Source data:
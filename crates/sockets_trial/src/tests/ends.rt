//! The two ends of a client's connection.

use super::{Watched, hears, listening};
use etcd_types::Bytes;
use outside::{Host, ReadMark, RequestKind, Sink, Source, WriteMark};
use socket_limits::{ConnectionLimits, Permits};
use sockets::{Client, SocketHost, SocketSink, SocketSource, ends_within, linger};
use std::alloc::Global;
use std::io::Write;
use std::net::{Net, TcpListener, TcpStream};
use std::rt::Clock as Times;
use std::sync::{Arc, Wait};
use std::test::Fail;
use std::thread::Threads;
use std::time::Duration;
use std::{str, thread};

/// Limits that no client of a test comes near.
pub(super) const LIMITS: ConnectionLimits = ConnectionLimits {
    first_byte: 20_000,
    head: 20_000,
    body: 20_000,
    write: 20_000,
    linger: 20_000,
};

/// A client, and the two ends of its connection at a server.
pub(super) type Connection<R> = (TcpStream, SocketSource<R>, SocketSink<R>);

pub(super) fn connected<R: Net<Listener = TcpListener, Stream = TcpStream> + Drop + Copy>(
    rt: R,
    alloc: Global,
    limits: ConnectionLimits,
    permits: &Arc<Permits, Global>,
) -> Result<Connection<R>, Fail> {
    let (listener, address) = listening(&rt, alloc)?;
    let client = TcpStream::connect(&rt, str::from_utf8(address.as_slice())?)?;
    let (stream, _) = listener.accept()?;
    let (source, sink) = ends_within(
        alloc,
        rt,
        rt,
        Client::from(stream),
        Arc::try_clone(permits)?,
        limits,
    )?;
    Ok((client, source, sink))
}

/// Whether the next bytes that come from there are these.
pub(super) fn gives<S: Source>(source: &mut S, bytes: &[u8]) -> bool {
    let mut room = [0u8; 8];
    match source.read(&mut room) {
        Ok(count) => room.get(..count) == Some(bytes),
        Err(_) => false,
    }
}

#[test]
fn an_accepted_connection_carries_bytes_both_ways(rt: HostRuntime) -> Result<(), Fail> {
    let permits = Arc::new(rt.alloc(), Permits::new(rt.alloc(), 1))?;
    let (mut client, mut source, mut sink) = connected(rt, rt.alloc(), LIMITS, &permits)?;
    client.write_all(b"ask")?;
    assert!(rt; source.check().is_ok() && gives(&mut source, b"ask"));
    assert!(rt; sink.write(b"reply") == Ok(5) && hears(&mut client, b"reply"));
    Ok(())
}

#[test]
fn a_client_that_went_away_is_seen(rt: HostRuntime) -> Result<(), Fail> {
    let permits = Arc::new(rt.alloc(), Permits::new(rt.alloc(), 1))?;
    let (mut client, mut source, sink) = connected(rt, rt.alloc(), LIMITS, &permits)?;
    assert!(rt; source.check().is_ok());
    client.write_all(b"a")?;
    drop(client);
    assert!(rt; source.check().is_ok() && gives(&mut source, b"a"));
    // it may have closed its writing half alone, and waits for its reply, but for a watch
    source.mark(ReadMark::Request(RequestKind::Put));
    assert!(rt; source.check().is_ok());
    source.mark(ReadMark::Request(RequestKind::Watch));
    assert!(rt; source.check().is_err() && gives(&mut source, b""));
    // the ends may go to another thread
    let handle = thread::spawn(&rt, move || -> usize { linger(source, sink) })?;
    assert_eq!(rt; handle.join(&rt), 0);
    Ok(())
}

/// Writes the bytes one by one, one each 50 ms, and closes the connection.
fn trickle<R: Times + Drop>(rt: R, client: TcpStream, bytes: &'static [u8]) {
    let mut client = client;
    for byte in bytes {
        thread::sleep(&rt, Duration::from_millis(50));
        if client.write(&[*byte]).is_err() {
            break;
        }
    }
}

/// Reads up to the end or a failure, and says how many bytes came and whether it failed. A head is so long.
fn read_on<S: Source>(source: &mut S, head: usize) -> (usize, bool) {
    let mut room = [0u8; 1];
    let mut came = 0usize;
    for _ in 0..1_000 {
        match source.read(&mut room) {
            Ok(0) => return (came, false),
            Ok(count) => came = came.saturating_add(count),
            Err(_) => return (came, true),
        }
        if came == head {
            source.mark(ReadMark::Head);
        }
    }
    (came, false)
}

/// Ten bytes that come one each 50 ms, of which some are the head: how many came, and whether a read failed.
fn came<
    R: Net<Listener = TcpListener, Stream = TcpStream>
        + Wait
        + Times
        + Eprint
        + Threads
        + Drop
        + Copy
        + Send
        + 'static,
>(
    rt: R,
    alloc: Global,
    bytes: &'static [u8],
    head: usize,
    limits: ConnectionLimits,
) -> Result<(usize, bool), Fail> {
    let permits = Arc::new(alloc, Permits::new(alloc, 1))?;
    let (client, mut source, _sink) = connected(rt, alloc, limits, &permits)?;
    let handle = thread::spawn(&rt, move || trickle(rt, client, bytes))?;
    let read = read_on(&mut source, head);
    handle.join(&rt);
    Ok(read)
}

/// Limits of so many milliseconds for each part of a request.
fn short(first_byte: u64, head: u64, body: u64) -> ConnectionLimits {
    ConnectionLimits {
        first_byte,
        head,
        body,
        ..LIMITS
    }
}

#[test]
fn a_client_has_a_limit_for_a_first_byte(rt: HostRuntime) -> Result<(), Fail> {
    let permits = Arc::new(rt.alloc(), Permits::new(rt.alloc(), 1))?;
    let limits = short(100, 20_000, 20_000);
    let (_client, mut source, _sink) = connected(rt, rt.alloc(), limits, &permits)?;
    assert_eq!(rt; read_on(&mut source, 1), (0, true));
    Ok(())
}

#[test]
fn a_client_has_a_limit_for_a_head_and_for_a_body(rt: HostRuntime) -> Result<(), Fail> {
    let bytes = b"0123456789".as_slice();
    // how long the head is, the limits, and whether all of it is read
    let rows = [
        (10, short(20_000, 250, 20_000), false),
        (1, short(20_000, 250, 20_000), true),
        (1, short(20_000, 20_000, 250), false),
        (9, short(20_000, 20_000, 250), true),
    ];
    for (head, limits, is_whole) in rows {
        let (count, failed) = came(rt, rt.alloc(), bytes, head, limits)?;
        assert_eq!(rt;
            (count == bytes.len(), failed),
            (is_whole, !is_whole),
            "{head}"
        );
    }
    Ok(())
}

#[test]
fn a_write_has_a_limit(rt: HostRuntime) -> Result<(), Fail> {
    let alloc: Global = rt.alloc();
    let limits = ConnectionLimits {
        write: 200,
        ..LIMITS
    };
    let permits = Arc::new(alloc, Permits::new(alloc, 1))?;
    let (_client, _source, mut sink) = connected(rt, alloc, limits, &permits)?;
    let reply = Vec::from_elem(alloc, b'x', 16_777_216)?;
    // the client reads nothing: a prefix is taken, and said to be
    let Ok(taken) = sink.write(reply.as_slice()) else {
        panic!(rt; "no prefix was taken");
    };
    assert!(rt; taken < reply.len());
    assert!(rt; sink.write(b"more").is_err());
    Ok(())
}

/// A large request.
const LARGE: usize = 65_537;

/// Whether a large request that came on a connection of its own, which is let go of, is worked on at once.
fn is_worked_on<
    R: Net<Listener = TcpListener, Stream = TcpStream> + Wait + Times + Eprint + Drop + Copy,
>(rt: R, alloc: Global, permits: &Arc<Permits, Global>) -> Result<bool, Fail> {
    let (client, mut source, _sink) = connected(rt, alloc, short(20_000, 20_000, 400), permits)?;
    if !is_read_from(alloc, &client, &mut source)? {
        return Ok(false);
    }
    let before = rt.monotonic()?;
    source.mark(ReadMark::Body);
    Ok(rt.monotonic()?.saturating_sub(before) < Duration::from_millis(300))
}

/// Whether a large request that the client sends is read whole.
pub(super) fn is_read_from<S: Source>(
    alloc: Global,
    client: &TcpStream,
    source: &mut S,
) -> Result<bool, Fail> {
    let mut client = client;
    let request = Vec::from_elem(alloc, b'x', LARGE)?;
    client.write_all(request.as_slice())?;
    let mut room = Vec::from_elem(alloc, 0u8, LARGE)?;
    let mut came = 0usize;
    for _ in 0..LARGE {
        match source.read(&mut room) {
            Ok(count) => came = came.saturating_add(count),
            Err(_) => return Ok(false),
        }
        if came >= LARGE {
            break;
        }
    }
    Ok(came == LARGE)
}

#[test]
fn a_large_request_has_a_permit_up_to_its_reply(rt: HostRuntime) -> Result<(), Fail> {
    let alloc: Global = rt.alloc();
    let permits = Arc::new(alloc, Permits::new(alloc, 1))?;
    let (client, mut source, mut sink) = connected(rt, alloc, LIMITS, &permits)?;
    assert!(rt; is_read_from(alloc, &client, &mut source)?);
    // one that still comes has none
    assert!(rt; is_worked_on(rt, alloc, &permits)?);
    source.mark(ReadMark::Body);
    sink.mark(WriteMark::Continue);
    assert!(rt; !is_worked_on(rt, alloc, &permits)?);
    sink.mark(WriteMark::Reply(200));
    assert!(rt; is_worked_on(rt, alloc, &permits)?);
    // a connection that ends gives its own back
    assert!(rt; is_worked_on(rt, alloc, &permits)?);
    Ok(())
}

#[test]
fn an_end_fails_where_the_clock_does(rt: HostRuntime) -> Result<(), Fail> {
    let alloc: Global = rt.alloc();
    let system = Watched::new(&rt);
    let permits = Arc::new(alloc, Permits::new(alloc, 1))?;
    let (mut client, mut source, mut sink) = connected(&system, alloc, LIMITS, &permits)?;
    for reading in 1..3 {
        client.write_all(b"a")?;
        system.refuse(reading);
        // one reading notes what came, and one begins the write
        let read = gives(&mut source, b"a");
        source.mark(ReadMark::Body);
        let written = sink.write(b"reply").is_ok();
        assert_eq!(rt; (read, written), (reading == 2, reading == 1), "{reading}");
    }
    Ok(())
}

#[test]
fn a_host_accepts_and_says_why_it_fails(rt: HostRuntime) -> Result<(), Fail> {
    let alloc: Global = rt.alloc();
    let system = Watched::new(&rt);
    let (there, taken) = listening(&rt, alloc)?;
    let mut host = SocketHost::new(&system);
    assert!(rt; host.accept().is_err());
    assert!(rt; host.listen(&Bytes::from_slice(alloc, b"nowhere")?).is_err());
    assert!(rt; host.listen(&taken).is_err());
    assert_eq!(rt; system.lines(), 3);
    drop(there);
    assert!(rt; host.listen(&taken).is_ok());
    let client = TcpStream::connect(&rt, str::from_utf8(taken.as_slice())?)?;
    assert!(rt; host.accept().is_ok());
    drop(client);
    Ok(())
}

#[test]
fn a_host_fails_behind_its_last_connection(rt: HostRuntime) -> Result<(), Fail> {
    let alloc: Global = rt.alloc();
    let (there, address) = listening(&rt, alloc)?;
    drop(there);
    let mut host = SocketHost::new(rt).of_most(1);
    assert!(rt; host.listen(&address).is_ok());
    let _first = TcpStream::connect(&rt, str::from_utf8(address.as_slice())?)?;
    let _second = TcpStream::connect(&rt, str::from_utf8(address.as_slice())?)?;
    assert!(rt; host.accept().is_ok());
    assert!(rt; host.accept().is_err());
    Ok(())
}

=== About this task ===
Scan the entries above for the word "ReadMark" and collect each line holding it.

=== Problem solution ===
use outside::{Host, ReadMark, RequestKind, Sink, Source, WriteMark};
    source.mark(ReadMark::Request(RequestKind::Put));
    source.mark(ReadMark::Request(RequestKind::Watch));
            source.mark(ReadMark::Head);
    source.mark(ReadMark::Body);
    source.mark(ReadMark::Body);
        source.mark(ReadMark::Body);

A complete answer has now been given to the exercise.